Bloomberg News

BMC Software Loses Repatriation Case in U.S. Tax Court

September 19, 2013

BMC Software Inc. faces a $12.9 million tax bill after the U.S. Tax Court upheld a finding by the Internal Revenue Service that some earnings repatriated in the mid-2000s were ineligible for a temporarily lower tax rate.

BMC, based in Houston, contended that accounts receivable on its books shouldn’t be counted as debt that would reduce the amount of money it could bring to the U.S. from foreign affiliates at the reduced tax rate.

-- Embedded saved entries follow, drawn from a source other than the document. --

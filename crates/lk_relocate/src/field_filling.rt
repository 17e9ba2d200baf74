//! The fields of the relocations of a section are filled with their values, and a value that does not fit its field is
//! reported (gABI "Relocation"; psABI x86-64 "Relocation Types").

ghost use Rattle.std.specs.Prelude.{◌≡◌, ◌∷◌, ◌+◌, ◌++◌, ◌≤◌, [], All, length, OnOk};
ghost use Rattle.std.specs.Option.{option_to_list};
ghost use Rattle.lk_model.specs.Overflows.{overflow_of, path_of_input};
ghost use Rattle.lk_model.specs.RelocationTypes.{width_of};
ghost use Rattle.lk_model.specs.Views.{Resolved};
ghost use Rattle.lk_elf.specs.RelocationInfo.{r_type_of};
ghost use Rattle.lk_relocate.specs.Faults.{overflow_at, overflows};
ghost use Rattle.lk_relocate.specs.Fields.{all_filled, filled_at};
ghost use Rattle.lk_relocate.specs.ObjectSections.{IsReady, IsSectionOf, references_among, section_reference};

use crate::object_sections::ObjectSection;
use lk_elf::Rela;
use lk_model::layouts::Numbers;
use lk_obj_read::RelaList;
use lk_reloc::{apply, value};
use lk_report::{FaultList, NoMemory};
use std::alloc::Global;

/// The width of the widest field, in bytes.
const WIDEST: usize = 8;

/// Reports that the value of a relocation with these numbers does not fit its field.
fn report_overflow(
    alloc: Global,
    section: &ObjectSection<'_>,
    rela: &Rela,
    numbers: Numbers,
    value: u64,
    faults: &mut FaultList,
) -> Result<(), NoMemory>
    ensures { (r : Resolved) → IsSectionOf section.now r → OnOk result (faults.new ≡ faults.old ++ overflow_at (path_of_input r section.now.input) section.now.section rela.now.r_offset numbers.p numbers.s numbers.a value ∷ []) }
{
    let fault = section.overflow(alloc, rela, numbers, value)?;
    faults.push(fault)?;
    Ok(())
}

/// Fills the field of a relocation of a section, which begins at `at` in these bytes, or reports a value that does not
/// fit.
fn fill_field(
    alloc: Global,
    section: &ObjectSection<'_>,
    bytes: &mut [u8],
    at: usize,
    rela: &Rela,
    faults: &mut FaultList,
) -> Result<(), NoMemory>
    requires ready { IsReady section.now }
    requires within { at + width_of (r_type_of rela.now) ≤ length bytes.old }
    ensures filled { (r : Resolved) → IsSectionOf section.now r → OnOk result (bytes.new ≡ filled_at r section.now.values.now.place at bytes.old (section_reference r section.now rela.now)) }
    ensures reported { (r : Resolved) → IsSectionOf section.now r → OnOk result (faults.new ≡ faults.old ++ option_to_list (overflow_of r section.now.values.now.place (section_reference r section.now rela.now))) }
{
    let numbers = section.relocation_numbers(rela);
    let code = rela.r_type();
    let value = value(code, &numbers);
    match apply(bytes, at, code, value) {
        Ok(()) => Ok(()),
        Err(refused) => {
            report_overflow(alloc, section, rela, numbers, refused.value, faults)?;
            Ok(())
        }
    }
}

/// Fills the fields of relocations in the bytes of their section, and reports the values that do not fit.
#[tactic(auto, using(crate::proofs::FieldsByNumber::next_filled, crate::proofs::FieldsByNumber::all_filled_in, crate::proofs::FieldsByNumber::next_reported, crate::proofs::FieldsByNumber::all_reported))]
pub(crate) fn fill_fields(
    alloc: Global,
    section: &ObjectSection<'_>,
    bytes: &mut [u8],
    relas: &RelaList,
    faults: &mut FaultList,
) -> Result<(), NoMemory>
    requires ready { IsReady section.now }
    requires within { All (λ rela. rela.r_offset + width_of (r_type_of rela) ≤ length bytes.old) relas.now }
    ensures filled { (r : Resolved) → IsSectionOf section.now r → OnOk result (bytes.new ≡ all_filled r section.now.values.now.place bytes.old (references_among r section.now relas.now)) }
    ensures reported { (r : Resolved) → IsSectionOf section.now r → OnOk result (faults.new ≡ faults.old ++ overflows r section.now.values.now.place (references_among r section.now relas.now)) }
{
    for k in 0..relas.len() {
        let rela = relas.at(k);
        fill_field(alloc, section, bytes, rela.r_offset as usize, &rela, faults)?;
    }
    Ok(())
}

/// Reports the values of relocations of a section that do not fit their fields, and fills none.
#[tactic(auto, using(crate::proofs::Widths::width_short, crate::proofs::FieldsByNumber::next_reported, crate::proofs::FieldsByNumber::all_reported))]
pub(crate) fn check_fields(
    alloc: Global,
    section: &ObjectSection<'_>,
    relas: &RelaList,
    faults: &mut FaultList,
) -> Result<(), NoMemory>
    requires { IsReady section.now }
    ensures { (r : Resolved) → IsSectionOf section.now r → OnOk result (faults.new ≡ faults.old ++ overflows r section.now.values.now.place (references_among r section.now relas.now)) }
{
    for k in 0..relas.len() {
        let rela = relas.at(k);
        let mut field = [0; WIDEST];
        fill_field(alloc, section, &mut field, 0, &rela, faults)?;
    }
    Ok(())
}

Judge Diane Kroupa disagreed, ruling that the IRS’s “treatment of the accounts receivable are consistent with the dictionary definition” and “may constitute indebtedness” for purposes of calculating how much in earnings could be taxed at the lower rate in effect at the time.

Ann Duhon, a spokeswoman for BMC, said she hadn’t seen the ruling and had no immediate comment. Christine Vaughn, of Vinson & Elkins LLP, an attorney on the case for BMC, didn’t immediately reply to a phone message requesting comment.

The 2004 repatriation program permitted U.S. corporations to bring home income held outside the U.S. at an effective rate of 5.25 percent instead of the top 35 percent corporate income tax rate.

BMC claimed $709 million in earnings qualified for the tax holiday. The IRS ruled that $43 million was ineligible for taxation at the lower rate because it represented a foreign unit’s debt to BMC created by accounts receivable, according to court filings.

Tax Holiday

The question of how much debt a company had at the time of the tax holiday is relevant because Congress wanted new money brought into the U.S. and sought to prevent companies from loaning money to offshore affiliates in order to bring it back at a lower tax rate, said David Rosenbloom, a tax attorney Caplin & Drysdale Chartered.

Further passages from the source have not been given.